#### [Task to carry out]
Of the lines in the data below, write out exactly those from the one holding "a node has." through the one holding "is_open_here: bool) -> bool", both included.

#### [Records for processing]
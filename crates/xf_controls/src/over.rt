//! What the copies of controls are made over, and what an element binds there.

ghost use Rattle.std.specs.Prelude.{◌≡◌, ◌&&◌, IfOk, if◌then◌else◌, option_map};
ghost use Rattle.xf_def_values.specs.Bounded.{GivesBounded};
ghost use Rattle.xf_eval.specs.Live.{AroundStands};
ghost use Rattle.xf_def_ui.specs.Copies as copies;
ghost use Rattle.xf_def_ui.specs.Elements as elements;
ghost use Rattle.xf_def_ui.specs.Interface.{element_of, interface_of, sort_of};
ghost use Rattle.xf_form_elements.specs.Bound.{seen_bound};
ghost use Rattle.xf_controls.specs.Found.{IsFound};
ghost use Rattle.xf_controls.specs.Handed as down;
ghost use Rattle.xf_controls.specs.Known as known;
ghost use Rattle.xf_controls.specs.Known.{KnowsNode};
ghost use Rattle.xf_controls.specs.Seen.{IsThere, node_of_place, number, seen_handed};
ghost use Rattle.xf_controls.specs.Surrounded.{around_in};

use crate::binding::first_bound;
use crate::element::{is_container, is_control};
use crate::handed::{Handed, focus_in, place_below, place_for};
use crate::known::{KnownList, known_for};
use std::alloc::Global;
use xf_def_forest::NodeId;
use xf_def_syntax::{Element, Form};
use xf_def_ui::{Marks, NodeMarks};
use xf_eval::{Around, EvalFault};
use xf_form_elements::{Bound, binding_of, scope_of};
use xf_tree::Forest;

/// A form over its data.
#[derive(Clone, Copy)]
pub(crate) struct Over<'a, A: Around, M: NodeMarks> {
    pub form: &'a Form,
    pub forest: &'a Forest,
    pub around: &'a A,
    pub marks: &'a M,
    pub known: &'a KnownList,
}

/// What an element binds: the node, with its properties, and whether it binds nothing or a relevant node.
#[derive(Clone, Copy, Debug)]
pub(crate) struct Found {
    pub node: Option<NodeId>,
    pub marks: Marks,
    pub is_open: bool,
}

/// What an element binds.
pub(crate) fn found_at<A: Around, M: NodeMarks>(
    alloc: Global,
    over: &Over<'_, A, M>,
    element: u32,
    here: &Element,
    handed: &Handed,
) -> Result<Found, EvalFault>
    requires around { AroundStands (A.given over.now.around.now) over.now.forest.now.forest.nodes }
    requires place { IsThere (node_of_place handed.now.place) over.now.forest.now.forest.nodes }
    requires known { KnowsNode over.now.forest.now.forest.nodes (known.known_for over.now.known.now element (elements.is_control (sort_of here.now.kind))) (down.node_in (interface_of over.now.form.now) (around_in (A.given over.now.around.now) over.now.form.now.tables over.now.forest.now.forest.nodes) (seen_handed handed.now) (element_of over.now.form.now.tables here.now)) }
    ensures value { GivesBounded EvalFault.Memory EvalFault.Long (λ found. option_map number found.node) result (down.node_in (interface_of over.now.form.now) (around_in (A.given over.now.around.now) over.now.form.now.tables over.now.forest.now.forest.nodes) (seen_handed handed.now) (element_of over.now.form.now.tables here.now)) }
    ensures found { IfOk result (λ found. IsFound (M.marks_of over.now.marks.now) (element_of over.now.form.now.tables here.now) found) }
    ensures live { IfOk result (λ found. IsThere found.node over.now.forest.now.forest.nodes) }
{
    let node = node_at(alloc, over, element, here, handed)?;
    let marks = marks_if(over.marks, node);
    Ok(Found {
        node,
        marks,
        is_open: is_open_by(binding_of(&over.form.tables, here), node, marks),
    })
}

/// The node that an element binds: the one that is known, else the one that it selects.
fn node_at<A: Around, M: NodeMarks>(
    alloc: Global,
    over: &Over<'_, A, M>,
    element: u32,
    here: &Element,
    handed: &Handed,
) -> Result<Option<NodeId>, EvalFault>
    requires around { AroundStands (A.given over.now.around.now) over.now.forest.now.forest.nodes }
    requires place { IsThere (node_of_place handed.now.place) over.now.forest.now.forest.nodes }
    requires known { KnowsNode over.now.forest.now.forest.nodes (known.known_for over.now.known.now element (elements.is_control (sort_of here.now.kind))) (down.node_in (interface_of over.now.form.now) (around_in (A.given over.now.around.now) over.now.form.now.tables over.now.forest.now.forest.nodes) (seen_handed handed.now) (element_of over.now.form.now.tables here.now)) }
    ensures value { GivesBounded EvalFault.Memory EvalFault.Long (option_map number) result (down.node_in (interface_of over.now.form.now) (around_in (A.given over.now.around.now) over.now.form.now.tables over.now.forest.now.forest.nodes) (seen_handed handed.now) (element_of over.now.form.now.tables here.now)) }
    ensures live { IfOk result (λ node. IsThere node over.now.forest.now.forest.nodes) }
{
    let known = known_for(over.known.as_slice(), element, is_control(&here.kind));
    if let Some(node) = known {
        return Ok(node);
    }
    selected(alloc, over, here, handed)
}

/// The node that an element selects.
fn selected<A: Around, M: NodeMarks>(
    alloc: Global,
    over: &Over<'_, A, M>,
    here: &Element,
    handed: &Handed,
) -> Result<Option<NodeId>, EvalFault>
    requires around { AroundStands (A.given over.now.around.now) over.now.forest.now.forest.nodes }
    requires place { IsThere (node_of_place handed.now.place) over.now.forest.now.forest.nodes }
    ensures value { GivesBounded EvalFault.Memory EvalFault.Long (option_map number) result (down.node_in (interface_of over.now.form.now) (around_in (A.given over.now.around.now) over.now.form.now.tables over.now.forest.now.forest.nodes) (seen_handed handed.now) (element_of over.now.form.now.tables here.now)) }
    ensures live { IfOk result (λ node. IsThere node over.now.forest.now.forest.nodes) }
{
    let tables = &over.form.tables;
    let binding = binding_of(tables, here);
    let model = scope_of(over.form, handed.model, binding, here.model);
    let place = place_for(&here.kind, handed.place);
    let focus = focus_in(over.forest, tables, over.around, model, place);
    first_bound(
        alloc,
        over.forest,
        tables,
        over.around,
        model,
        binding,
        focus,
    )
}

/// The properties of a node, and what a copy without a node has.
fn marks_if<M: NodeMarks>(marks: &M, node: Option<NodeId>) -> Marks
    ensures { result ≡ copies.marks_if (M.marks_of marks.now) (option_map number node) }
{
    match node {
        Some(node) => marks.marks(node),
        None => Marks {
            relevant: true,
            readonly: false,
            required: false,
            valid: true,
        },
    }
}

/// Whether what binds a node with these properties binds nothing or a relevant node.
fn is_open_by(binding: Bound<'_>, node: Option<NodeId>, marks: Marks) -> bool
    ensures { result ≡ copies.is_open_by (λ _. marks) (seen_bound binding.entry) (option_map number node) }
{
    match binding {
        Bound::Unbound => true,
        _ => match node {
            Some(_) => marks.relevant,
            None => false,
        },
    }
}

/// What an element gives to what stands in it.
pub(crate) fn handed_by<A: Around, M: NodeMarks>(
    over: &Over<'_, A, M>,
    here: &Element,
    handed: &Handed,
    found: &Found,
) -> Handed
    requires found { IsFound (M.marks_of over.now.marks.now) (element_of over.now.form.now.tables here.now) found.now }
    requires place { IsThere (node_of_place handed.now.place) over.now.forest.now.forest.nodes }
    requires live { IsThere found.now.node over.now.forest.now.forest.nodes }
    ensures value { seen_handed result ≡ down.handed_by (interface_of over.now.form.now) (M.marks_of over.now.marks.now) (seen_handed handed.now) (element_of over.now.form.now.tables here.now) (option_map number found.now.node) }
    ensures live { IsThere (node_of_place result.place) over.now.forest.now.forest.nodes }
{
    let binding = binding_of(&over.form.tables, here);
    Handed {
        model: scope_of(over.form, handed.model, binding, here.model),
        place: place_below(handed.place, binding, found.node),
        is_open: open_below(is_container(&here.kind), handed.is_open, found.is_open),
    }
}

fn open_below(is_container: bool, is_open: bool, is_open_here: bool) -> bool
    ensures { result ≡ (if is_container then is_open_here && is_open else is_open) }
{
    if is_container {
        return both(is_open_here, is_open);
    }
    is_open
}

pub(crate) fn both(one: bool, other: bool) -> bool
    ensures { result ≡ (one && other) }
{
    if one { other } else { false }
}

#### [Answer to this task]
/// The properties of a node, and what a copy without a node has.
fn marks_if<M: NodeMarks>(marks: &M, node: Option<NodeId>) -> Marks
    ensures { result ≡ copies.marks_if (M.marks_of marks.now) (option_map number node) }
{
    match node {
        Some(node) => marks.marks(node),
        None => Marks {
            relevant: true,
            readonly: false,
            required: false,
            valid: true,
        },
    }
}

/// Whether what binds a node with these properties binds nothing or a relevant node.
fn is_open_by(binding: Bound<'_>, node: Option<NodeId>, marks: Marks) -> bool
    ensures { result ≡ copies.is_open_by (λ _. marks) (seen_bound binding.entry) (option_map number node) }
{
    match binding {
        Bound::Unbound => true,
        _ => match node {
            Some(_) => marks.relevant,
            None => false,
        },
    }
}

/// What an element gives to what stands in it.
pub(crate) fn handed_by<A: Around, M: NodeMarks>(
    over: &Over<'_, A, M>,
    here: &Element,
    handed: &Handed,
    found: &Found,
) -> Handed
    requires found { IsFound (M.marks_of over.now.marks.now) (element_of over.now.form.now.tables here.now) found.now }
    requires place { IsThere (node_of_place handed.now.place) over.now.forest.now.forest.nodes }
    requires live { IsThere found.now.node over.now.forest.now.forest.nodes }
    ensures value { seen_handed result ≡ down.handed_by (interface_of over.now.form.now) (M.marks_of over.now.marks.now) (seen_handed handed.now) (element_of over.now.form.now.tables here.now) (option_map number found.now.node) }
    ensures live { IsThere (node_of_place result.place) over.now.forest.now.forest.nodes }
{
    let binding = binding_of(&over.form.tables, here);
    Handed {
        model: scope_of(over.form, handed.model, binding, here.model),
        place: place_below(handed.place, binding, found.node),
        is_open: open_below(is_container(&here.kind), handed.is_open, found.is_open),
    }
}

fn open_below(is_container: bool, is_open: bool, is_open_here: bool) -> bool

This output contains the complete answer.